- _Assignment_
The answer must be every line from the entries below that includes "Found".

- _Record excerpts_
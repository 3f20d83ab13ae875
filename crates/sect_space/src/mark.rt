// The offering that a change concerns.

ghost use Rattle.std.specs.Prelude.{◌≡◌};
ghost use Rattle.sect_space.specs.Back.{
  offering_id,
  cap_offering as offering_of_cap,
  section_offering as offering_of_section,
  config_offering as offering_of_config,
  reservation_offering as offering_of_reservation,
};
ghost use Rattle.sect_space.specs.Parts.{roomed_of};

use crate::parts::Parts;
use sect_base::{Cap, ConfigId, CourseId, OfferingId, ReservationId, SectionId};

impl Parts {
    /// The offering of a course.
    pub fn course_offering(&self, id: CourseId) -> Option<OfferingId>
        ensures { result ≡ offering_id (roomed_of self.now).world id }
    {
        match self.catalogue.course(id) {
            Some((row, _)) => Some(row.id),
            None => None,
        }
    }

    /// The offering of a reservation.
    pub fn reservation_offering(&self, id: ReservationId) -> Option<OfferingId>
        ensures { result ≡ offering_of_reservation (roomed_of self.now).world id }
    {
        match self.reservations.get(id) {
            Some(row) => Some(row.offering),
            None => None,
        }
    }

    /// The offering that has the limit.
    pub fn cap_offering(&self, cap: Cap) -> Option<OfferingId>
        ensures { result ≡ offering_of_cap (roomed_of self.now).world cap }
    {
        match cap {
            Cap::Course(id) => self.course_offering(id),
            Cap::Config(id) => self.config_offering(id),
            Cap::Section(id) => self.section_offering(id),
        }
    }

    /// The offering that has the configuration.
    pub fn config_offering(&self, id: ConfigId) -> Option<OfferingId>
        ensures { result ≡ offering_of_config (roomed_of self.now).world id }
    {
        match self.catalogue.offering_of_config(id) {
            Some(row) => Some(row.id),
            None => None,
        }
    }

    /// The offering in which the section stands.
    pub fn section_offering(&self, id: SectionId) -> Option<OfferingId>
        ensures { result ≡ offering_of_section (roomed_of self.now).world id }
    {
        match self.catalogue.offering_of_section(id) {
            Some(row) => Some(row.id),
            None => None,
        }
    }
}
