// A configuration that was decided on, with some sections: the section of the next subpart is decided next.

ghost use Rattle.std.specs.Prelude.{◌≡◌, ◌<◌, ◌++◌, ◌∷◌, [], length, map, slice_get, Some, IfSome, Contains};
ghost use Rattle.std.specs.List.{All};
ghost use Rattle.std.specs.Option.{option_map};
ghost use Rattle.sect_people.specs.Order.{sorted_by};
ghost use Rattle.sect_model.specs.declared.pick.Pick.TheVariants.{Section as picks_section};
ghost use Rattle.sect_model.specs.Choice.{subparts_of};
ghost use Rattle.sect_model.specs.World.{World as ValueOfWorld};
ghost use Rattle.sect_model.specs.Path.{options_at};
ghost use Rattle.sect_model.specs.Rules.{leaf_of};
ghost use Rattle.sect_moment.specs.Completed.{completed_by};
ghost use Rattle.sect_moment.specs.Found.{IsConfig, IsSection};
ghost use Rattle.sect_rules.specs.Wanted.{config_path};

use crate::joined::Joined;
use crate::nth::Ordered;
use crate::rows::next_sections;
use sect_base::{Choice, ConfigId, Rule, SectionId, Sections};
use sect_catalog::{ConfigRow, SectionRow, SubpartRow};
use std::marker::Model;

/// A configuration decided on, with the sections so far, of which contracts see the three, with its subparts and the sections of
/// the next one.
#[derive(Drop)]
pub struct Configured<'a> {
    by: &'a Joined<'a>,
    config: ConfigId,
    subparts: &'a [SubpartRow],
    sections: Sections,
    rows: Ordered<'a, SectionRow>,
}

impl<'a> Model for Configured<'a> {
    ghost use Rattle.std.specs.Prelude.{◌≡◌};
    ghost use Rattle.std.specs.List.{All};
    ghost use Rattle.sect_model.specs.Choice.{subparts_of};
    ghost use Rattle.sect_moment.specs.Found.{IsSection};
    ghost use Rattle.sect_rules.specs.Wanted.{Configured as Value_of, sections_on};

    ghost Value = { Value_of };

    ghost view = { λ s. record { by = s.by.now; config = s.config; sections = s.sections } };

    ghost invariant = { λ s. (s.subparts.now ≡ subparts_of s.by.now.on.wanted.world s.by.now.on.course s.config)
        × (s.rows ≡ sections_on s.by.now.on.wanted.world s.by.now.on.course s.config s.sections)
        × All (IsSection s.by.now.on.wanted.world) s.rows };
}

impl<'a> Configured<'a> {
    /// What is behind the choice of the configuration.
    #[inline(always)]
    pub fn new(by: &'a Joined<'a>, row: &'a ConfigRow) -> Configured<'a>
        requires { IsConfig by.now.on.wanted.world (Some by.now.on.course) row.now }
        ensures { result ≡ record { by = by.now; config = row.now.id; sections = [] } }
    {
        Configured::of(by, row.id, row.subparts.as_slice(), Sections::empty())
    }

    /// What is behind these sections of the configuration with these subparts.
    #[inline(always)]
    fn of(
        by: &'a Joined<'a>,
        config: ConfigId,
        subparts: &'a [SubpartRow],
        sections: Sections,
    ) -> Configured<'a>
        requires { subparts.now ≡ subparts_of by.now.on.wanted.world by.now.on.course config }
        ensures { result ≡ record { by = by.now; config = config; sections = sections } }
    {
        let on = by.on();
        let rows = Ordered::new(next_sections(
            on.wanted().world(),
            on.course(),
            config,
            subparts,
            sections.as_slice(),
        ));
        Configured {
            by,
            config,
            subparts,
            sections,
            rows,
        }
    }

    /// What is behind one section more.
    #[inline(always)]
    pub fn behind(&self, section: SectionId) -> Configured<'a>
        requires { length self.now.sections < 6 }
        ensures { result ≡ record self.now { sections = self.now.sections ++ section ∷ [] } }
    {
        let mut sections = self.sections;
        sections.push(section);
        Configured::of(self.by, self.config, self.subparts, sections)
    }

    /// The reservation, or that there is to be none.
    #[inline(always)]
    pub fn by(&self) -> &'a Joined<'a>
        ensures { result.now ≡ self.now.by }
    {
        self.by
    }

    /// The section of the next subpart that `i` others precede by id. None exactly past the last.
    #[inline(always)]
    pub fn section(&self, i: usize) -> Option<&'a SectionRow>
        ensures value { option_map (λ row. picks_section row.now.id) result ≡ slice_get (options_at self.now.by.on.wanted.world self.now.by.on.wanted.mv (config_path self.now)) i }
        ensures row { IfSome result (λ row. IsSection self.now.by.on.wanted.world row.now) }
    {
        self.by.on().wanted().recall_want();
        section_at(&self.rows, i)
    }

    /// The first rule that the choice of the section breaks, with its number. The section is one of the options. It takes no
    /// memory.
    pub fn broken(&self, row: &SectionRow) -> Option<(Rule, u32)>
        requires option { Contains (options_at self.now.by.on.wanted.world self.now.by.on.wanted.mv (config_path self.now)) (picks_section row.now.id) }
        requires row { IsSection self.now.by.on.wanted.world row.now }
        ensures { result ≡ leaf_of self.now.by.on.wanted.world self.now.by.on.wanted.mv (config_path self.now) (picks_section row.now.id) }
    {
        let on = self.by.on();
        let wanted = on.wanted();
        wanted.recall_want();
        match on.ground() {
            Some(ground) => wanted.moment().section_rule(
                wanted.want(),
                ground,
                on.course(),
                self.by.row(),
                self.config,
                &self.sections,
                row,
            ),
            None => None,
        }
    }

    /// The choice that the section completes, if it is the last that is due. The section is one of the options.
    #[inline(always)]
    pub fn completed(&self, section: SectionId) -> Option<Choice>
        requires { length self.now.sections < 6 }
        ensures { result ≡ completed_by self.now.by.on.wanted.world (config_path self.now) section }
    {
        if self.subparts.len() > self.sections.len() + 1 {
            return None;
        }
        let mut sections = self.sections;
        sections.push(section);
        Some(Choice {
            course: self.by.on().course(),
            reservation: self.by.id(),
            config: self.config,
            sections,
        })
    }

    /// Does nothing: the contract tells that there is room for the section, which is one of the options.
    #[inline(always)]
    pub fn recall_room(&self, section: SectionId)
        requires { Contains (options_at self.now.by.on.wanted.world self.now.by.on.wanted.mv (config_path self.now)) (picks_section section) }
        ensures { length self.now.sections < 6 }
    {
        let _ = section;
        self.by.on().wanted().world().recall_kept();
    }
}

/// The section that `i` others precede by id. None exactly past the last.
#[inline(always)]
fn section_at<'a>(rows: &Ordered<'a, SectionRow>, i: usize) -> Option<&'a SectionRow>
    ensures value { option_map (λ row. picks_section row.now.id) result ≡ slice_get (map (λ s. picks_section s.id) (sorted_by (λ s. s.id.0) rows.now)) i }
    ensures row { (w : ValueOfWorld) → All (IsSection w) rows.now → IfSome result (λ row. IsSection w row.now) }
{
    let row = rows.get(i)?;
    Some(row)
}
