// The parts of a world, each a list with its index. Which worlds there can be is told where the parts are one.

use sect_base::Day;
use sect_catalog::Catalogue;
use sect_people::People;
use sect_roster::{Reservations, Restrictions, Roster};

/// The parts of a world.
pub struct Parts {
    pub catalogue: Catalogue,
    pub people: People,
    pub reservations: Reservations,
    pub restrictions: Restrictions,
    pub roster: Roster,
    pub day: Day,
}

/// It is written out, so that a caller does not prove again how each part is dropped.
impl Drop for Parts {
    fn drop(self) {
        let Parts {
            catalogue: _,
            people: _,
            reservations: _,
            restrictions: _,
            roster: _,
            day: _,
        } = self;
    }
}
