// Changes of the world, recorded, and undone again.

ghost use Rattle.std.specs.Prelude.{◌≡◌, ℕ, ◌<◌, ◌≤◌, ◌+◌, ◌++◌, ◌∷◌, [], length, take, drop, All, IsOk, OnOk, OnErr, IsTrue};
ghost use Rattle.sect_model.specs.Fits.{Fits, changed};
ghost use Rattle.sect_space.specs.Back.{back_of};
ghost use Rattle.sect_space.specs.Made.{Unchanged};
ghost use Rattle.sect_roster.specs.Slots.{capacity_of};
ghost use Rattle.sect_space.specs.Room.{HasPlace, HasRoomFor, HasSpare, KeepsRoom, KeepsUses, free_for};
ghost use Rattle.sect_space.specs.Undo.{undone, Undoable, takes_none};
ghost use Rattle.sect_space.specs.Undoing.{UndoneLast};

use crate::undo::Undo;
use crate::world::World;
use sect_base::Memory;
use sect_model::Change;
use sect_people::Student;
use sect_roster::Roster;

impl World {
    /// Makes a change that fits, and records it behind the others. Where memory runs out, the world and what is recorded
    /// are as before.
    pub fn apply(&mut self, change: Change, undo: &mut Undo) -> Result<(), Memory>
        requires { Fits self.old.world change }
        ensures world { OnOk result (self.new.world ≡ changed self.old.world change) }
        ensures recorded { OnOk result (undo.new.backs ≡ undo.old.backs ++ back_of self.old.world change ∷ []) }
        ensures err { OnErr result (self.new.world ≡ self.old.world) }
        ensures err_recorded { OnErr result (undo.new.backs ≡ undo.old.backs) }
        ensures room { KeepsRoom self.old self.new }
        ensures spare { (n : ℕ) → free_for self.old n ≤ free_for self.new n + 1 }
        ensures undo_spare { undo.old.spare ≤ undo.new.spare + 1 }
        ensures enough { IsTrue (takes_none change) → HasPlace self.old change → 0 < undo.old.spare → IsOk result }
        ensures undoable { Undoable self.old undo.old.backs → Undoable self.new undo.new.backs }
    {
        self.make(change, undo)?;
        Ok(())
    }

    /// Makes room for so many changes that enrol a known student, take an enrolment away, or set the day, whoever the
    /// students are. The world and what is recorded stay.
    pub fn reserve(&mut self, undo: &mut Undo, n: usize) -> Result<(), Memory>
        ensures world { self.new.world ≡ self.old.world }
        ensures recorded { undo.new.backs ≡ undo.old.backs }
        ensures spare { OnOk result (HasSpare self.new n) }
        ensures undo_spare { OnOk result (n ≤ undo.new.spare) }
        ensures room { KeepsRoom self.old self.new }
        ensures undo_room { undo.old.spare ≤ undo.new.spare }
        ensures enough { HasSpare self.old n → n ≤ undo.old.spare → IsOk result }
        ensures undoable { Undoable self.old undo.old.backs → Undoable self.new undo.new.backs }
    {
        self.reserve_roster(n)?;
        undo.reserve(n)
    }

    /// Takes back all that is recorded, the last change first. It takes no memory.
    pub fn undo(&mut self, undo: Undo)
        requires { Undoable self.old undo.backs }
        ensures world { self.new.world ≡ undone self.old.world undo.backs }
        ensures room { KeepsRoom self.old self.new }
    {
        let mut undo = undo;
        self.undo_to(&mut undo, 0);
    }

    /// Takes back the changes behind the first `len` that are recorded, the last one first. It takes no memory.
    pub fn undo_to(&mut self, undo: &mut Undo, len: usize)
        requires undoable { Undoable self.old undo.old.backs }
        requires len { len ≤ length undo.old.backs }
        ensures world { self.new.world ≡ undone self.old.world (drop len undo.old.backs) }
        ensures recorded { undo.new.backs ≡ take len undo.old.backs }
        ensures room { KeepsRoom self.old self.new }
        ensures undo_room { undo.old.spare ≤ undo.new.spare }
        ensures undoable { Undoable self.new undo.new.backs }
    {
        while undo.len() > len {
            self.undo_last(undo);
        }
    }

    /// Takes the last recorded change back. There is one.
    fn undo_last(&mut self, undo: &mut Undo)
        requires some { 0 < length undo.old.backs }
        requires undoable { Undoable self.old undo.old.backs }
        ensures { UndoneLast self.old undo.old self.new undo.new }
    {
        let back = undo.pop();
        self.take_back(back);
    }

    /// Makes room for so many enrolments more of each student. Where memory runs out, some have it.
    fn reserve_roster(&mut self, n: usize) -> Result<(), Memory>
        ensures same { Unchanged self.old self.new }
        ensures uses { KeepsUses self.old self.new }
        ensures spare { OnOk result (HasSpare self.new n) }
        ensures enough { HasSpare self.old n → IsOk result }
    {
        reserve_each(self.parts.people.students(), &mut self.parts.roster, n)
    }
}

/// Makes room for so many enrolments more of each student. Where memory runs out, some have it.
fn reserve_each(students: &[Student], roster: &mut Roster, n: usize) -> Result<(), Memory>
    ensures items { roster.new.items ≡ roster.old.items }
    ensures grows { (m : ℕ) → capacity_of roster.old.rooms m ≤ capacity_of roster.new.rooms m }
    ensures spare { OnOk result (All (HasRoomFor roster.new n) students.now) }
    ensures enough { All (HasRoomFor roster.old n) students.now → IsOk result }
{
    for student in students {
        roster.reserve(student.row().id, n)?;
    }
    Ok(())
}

- _Your solution_
ghost use Rattle.sect_moment.specs.Found.{IsConfig, IsSection};
    ghost use Rattle.sect_moment.specs.Found.{IsSection};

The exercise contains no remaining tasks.